**WHAT YOU HAVE TO DO**
Each line below that holds the string "keep" counts once; report the total and nothing else.

------ RECORDS FOR THIS EXERCISE ------

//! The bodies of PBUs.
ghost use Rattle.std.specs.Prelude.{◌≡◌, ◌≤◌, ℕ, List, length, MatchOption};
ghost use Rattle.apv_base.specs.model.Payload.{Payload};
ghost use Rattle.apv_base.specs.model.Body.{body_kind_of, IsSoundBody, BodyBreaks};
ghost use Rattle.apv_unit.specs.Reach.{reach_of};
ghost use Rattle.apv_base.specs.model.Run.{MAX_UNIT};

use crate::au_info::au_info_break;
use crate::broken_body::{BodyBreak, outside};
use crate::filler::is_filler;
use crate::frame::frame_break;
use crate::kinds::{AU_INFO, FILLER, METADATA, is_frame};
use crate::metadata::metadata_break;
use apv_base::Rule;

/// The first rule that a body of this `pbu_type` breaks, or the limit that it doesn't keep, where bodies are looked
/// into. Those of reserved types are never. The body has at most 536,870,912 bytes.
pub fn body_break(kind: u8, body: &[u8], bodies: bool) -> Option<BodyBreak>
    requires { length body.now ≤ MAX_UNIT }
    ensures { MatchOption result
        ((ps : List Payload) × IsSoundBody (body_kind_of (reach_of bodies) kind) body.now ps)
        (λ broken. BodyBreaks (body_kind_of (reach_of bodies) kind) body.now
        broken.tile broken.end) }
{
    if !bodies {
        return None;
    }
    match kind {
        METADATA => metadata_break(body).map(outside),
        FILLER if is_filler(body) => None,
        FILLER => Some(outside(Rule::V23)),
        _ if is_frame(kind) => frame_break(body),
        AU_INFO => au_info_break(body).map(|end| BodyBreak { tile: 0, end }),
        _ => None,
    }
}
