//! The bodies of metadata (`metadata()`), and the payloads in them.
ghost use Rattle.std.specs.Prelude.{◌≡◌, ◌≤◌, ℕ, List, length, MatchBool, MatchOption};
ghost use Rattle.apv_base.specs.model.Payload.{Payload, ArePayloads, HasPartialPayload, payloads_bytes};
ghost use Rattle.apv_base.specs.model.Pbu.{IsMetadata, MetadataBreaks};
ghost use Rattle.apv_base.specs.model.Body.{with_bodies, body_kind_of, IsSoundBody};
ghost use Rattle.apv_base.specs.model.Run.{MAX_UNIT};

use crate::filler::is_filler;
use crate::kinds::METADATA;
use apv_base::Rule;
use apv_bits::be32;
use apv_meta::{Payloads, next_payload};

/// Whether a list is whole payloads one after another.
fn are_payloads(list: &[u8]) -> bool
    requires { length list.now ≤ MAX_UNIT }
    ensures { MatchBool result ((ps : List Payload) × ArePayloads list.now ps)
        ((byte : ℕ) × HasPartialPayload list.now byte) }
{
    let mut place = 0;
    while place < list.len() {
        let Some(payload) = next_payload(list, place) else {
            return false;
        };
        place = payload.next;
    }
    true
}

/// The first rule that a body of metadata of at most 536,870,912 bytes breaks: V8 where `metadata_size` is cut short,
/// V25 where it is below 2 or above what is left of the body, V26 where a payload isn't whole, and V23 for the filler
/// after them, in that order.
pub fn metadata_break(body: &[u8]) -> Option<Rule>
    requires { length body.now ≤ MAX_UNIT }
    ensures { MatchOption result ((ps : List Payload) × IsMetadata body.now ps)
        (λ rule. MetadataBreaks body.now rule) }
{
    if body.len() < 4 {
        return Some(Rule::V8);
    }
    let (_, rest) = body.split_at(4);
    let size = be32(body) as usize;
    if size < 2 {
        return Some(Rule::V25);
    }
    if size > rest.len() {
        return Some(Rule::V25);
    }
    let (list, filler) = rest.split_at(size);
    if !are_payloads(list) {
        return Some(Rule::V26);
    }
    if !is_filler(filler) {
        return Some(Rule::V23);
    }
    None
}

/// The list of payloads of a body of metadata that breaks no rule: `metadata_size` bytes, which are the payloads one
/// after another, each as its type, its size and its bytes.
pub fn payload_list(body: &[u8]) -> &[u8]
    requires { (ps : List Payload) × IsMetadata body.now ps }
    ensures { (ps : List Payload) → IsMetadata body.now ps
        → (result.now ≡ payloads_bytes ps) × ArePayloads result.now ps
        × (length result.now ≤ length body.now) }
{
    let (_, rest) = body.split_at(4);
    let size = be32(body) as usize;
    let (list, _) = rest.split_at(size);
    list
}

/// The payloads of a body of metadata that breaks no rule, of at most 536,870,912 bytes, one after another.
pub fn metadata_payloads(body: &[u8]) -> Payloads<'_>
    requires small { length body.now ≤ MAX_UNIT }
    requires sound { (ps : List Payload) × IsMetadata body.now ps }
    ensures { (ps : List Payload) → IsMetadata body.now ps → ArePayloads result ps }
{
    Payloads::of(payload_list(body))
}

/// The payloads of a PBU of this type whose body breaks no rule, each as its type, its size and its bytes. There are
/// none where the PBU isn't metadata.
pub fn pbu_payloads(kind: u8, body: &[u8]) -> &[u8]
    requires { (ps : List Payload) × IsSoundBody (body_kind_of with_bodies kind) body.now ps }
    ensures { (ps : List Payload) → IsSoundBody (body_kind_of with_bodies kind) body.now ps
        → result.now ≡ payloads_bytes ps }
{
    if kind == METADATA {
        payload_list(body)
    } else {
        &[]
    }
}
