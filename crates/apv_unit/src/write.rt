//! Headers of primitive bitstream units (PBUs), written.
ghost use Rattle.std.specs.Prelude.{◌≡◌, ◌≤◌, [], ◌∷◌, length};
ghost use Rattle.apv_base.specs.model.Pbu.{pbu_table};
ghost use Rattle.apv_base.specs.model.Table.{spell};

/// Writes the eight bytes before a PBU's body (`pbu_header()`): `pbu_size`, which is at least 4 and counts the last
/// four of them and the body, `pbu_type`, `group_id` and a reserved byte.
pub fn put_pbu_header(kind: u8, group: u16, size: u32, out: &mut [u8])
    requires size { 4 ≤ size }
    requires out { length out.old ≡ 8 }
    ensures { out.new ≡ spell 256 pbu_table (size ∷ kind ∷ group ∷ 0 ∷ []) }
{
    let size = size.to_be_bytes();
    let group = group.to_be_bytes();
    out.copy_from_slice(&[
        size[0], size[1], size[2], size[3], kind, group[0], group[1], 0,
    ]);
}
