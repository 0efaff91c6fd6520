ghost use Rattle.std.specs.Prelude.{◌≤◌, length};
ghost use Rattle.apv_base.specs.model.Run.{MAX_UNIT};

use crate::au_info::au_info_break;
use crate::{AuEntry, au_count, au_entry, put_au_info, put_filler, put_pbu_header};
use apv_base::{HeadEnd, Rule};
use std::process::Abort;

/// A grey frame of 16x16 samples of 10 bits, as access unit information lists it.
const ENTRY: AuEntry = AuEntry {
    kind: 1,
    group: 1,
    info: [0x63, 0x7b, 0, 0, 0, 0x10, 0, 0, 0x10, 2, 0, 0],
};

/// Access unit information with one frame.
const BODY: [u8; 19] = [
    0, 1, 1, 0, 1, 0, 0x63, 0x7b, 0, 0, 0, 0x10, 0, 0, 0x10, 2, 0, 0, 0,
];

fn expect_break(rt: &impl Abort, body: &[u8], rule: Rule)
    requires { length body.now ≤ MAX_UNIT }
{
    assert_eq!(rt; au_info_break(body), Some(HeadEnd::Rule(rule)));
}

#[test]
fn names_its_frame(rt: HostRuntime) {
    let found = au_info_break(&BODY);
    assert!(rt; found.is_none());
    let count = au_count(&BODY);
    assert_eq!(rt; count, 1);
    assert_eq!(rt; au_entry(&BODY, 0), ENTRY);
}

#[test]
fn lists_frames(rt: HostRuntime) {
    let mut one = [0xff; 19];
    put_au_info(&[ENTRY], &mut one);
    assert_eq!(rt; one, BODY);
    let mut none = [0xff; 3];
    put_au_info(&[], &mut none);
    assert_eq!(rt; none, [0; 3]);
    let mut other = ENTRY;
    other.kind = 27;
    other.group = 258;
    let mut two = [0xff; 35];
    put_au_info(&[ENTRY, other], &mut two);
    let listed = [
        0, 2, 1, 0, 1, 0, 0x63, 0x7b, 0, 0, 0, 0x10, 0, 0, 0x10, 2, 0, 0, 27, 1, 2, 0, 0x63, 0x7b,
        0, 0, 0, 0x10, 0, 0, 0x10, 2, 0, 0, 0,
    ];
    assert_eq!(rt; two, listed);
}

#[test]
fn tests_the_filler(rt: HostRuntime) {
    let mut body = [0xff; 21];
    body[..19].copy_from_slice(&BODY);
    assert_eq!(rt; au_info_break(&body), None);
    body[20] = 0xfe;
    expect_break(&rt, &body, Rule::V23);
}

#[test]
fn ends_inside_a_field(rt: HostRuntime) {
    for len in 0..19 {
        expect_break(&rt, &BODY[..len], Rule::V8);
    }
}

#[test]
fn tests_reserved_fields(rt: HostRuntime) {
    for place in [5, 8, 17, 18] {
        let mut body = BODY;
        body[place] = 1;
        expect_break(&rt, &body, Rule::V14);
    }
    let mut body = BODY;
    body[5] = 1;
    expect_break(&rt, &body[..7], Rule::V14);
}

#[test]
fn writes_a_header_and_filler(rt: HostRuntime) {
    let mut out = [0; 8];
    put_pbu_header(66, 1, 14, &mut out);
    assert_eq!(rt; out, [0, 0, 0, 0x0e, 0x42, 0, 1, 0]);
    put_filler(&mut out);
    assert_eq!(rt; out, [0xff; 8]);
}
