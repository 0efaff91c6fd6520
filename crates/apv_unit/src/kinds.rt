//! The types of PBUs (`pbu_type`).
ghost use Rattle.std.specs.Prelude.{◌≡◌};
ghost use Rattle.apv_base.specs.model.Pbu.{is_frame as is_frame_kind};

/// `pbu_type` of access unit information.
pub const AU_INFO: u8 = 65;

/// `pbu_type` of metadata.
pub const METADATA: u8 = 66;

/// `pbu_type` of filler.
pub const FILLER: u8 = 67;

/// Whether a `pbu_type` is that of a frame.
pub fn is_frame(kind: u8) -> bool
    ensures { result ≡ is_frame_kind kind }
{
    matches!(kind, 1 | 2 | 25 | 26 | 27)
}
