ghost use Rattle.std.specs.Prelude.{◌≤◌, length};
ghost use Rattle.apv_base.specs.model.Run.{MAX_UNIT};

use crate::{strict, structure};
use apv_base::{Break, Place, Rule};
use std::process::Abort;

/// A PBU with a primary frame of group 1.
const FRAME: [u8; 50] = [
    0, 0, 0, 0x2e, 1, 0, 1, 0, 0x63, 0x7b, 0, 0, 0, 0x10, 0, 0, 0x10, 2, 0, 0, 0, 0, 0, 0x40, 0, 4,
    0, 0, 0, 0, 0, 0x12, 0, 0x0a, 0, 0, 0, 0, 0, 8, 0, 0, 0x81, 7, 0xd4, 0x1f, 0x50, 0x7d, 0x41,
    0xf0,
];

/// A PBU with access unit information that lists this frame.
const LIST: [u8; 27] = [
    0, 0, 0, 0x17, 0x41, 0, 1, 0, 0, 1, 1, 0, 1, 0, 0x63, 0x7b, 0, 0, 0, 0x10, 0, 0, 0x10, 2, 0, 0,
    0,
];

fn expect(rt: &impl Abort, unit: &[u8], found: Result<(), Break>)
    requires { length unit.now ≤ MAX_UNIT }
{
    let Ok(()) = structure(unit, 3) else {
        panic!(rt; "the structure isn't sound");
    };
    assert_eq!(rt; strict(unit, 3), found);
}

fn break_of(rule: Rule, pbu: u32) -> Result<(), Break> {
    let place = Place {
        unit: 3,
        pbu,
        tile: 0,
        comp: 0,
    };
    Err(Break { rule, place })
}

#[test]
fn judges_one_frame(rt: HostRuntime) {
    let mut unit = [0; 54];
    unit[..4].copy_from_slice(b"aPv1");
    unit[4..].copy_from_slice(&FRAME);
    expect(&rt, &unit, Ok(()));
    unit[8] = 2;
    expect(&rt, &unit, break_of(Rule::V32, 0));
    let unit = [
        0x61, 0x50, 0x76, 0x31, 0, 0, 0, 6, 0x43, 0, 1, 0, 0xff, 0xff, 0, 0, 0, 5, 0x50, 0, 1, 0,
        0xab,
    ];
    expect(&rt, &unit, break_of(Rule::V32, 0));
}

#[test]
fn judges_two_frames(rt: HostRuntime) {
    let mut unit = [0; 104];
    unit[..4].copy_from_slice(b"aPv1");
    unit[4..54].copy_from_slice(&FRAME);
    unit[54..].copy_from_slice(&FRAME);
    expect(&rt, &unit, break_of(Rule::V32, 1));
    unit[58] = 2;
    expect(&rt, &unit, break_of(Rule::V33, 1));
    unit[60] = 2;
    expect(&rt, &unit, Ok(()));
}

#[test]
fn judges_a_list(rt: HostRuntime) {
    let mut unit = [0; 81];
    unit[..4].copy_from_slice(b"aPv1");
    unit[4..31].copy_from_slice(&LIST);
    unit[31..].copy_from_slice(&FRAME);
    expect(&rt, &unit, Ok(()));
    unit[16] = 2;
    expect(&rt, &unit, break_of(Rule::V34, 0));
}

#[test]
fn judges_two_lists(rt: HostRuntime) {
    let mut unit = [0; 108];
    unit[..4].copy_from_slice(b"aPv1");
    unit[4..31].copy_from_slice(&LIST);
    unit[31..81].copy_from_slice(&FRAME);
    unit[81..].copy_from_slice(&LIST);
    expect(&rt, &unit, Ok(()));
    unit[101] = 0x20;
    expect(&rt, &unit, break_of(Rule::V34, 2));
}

------
------ RECORDS FOR THIS EXERCISE ------

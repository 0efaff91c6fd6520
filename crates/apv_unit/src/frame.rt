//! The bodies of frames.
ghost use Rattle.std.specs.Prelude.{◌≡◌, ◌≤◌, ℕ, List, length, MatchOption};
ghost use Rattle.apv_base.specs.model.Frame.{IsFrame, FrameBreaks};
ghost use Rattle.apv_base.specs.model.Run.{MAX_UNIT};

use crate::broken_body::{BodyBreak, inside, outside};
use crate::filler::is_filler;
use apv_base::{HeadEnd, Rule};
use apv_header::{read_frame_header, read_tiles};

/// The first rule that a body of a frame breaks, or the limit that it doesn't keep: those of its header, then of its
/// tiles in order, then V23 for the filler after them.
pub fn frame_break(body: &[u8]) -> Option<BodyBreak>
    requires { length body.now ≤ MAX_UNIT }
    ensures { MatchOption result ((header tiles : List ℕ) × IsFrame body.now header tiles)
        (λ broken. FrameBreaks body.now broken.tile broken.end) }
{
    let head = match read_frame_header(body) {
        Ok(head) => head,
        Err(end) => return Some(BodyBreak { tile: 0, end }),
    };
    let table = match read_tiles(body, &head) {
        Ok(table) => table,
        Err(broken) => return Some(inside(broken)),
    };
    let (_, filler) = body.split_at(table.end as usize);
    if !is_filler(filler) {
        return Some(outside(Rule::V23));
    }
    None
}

------
------ RECORDS FOR THIS EXERCISE ------

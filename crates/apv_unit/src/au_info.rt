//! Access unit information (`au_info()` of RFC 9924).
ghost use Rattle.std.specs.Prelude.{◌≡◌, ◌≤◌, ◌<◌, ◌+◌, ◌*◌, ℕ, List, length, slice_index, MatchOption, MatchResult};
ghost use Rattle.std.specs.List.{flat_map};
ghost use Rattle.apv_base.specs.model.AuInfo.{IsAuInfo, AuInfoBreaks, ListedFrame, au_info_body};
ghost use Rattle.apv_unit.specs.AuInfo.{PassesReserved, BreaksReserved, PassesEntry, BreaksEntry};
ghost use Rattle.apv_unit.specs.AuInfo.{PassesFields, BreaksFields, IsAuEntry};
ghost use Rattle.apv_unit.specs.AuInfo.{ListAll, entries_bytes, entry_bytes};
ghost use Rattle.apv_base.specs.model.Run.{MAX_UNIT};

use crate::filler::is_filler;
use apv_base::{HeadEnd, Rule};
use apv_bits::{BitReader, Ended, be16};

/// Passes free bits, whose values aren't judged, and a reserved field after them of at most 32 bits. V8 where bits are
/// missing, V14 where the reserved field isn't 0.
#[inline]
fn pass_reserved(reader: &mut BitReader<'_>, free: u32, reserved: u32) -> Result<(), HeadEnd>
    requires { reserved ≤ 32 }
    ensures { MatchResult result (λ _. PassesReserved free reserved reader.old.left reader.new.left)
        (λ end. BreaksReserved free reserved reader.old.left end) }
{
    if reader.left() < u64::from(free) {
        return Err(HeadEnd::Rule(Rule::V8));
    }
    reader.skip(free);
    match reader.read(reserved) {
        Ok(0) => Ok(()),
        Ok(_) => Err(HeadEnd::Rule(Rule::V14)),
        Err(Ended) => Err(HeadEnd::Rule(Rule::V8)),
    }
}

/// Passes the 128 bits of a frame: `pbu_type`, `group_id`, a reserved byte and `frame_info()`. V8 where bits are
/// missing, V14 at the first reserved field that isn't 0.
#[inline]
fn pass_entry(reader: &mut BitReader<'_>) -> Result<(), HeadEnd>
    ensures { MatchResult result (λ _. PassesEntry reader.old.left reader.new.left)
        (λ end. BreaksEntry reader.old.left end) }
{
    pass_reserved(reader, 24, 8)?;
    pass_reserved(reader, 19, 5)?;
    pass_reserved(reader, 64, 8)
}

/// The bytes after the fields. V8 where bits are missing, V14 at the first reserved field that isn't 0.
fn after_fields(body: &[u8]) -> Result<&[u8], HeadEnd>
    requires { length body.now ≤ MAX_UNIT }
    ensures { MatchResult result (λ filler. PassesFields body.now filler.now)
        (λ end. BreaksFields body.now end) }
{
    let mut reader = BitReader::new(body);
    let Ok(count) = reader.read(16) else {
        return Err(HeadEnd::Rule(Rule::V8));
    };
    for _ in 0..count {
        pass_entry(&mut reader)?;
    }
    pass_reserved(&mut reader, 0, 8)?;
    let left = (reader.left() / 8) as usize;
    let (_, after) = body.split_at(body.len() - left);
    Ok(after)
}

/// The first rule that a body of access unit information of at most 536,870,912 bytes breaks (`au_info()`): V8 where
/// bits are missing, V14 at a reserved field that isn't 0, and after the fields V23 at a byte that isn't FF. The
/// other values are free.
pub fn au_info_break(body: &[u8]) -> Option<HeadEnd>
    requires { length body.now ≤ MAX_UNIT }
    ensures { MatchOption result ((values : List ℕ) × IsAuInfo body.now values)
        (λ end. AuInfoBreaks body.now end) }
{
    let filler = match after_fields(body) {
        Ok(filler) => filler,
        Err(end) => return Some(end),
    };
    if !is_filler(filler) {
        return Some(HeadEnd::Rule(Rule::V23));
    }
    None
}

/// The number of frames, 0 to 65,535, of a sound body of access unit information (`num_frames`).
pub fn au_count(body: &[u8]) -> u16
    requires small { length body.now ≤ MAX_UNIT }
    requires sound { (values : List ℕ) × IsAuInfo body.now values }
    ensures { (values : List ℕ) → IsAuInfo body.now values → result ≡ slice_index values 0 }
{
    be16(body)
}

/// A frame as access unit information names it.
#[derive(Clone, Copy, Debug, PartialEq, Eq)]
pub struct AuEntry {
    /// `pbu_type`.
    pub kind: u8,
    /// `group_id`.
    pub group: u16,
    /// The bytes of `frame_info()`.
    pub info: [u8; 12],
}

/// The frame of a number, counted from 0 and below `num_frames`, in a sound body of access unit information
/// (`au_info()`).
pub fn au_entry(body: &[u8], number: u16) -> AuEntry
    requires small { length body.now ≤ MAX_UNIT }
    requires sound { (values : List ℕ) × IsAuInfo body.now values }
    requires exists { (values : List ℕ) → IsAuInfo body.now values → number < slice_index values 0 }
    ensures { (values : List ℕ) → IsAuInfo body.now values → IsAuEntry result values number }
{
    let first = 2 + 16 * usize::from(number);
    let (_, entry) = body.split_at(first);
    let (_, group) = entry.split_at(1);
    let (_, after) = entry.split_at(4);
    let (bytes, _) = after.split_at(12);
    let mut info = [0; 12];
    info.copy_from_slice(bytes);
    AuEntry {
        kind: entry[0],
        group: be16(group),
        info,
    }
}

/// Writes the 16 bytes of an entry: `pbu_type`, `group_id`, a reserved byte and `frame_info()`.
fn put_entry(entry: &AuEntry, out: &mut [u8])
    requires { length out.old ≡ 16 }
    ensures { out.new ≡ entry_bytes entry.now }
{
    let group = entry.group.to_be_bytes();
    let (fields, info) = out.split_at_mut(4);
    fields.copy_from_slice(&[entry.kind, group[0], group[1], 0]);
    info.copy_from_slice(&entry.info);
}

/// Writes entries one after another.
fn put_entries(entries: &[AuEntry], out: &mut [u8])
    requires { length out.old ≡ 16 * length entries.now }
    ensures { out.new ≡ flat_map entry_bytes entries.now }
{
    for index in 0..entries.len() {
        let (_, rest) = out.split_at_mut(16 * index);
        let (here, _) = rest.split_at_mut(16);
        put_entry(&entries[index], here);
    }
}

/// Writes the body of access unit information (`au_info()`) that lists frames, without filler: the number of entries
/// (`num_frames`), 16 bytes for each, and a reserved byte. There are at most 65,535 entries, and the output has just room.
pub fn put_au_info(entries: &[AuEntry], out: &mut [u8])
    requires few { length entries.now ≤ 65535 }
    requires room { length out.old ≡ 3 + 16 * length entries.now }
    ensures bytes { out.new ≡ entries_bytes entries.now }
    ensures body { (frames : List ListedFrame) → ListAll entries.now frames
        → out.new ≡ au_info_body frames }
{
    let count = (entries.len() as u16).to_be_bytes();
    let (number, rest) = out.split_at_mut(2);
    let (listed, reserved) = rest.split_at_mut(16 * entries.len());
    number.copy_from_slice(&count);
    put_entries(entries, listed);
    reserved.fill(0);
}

------

**PROBLEM SOLUTION**
2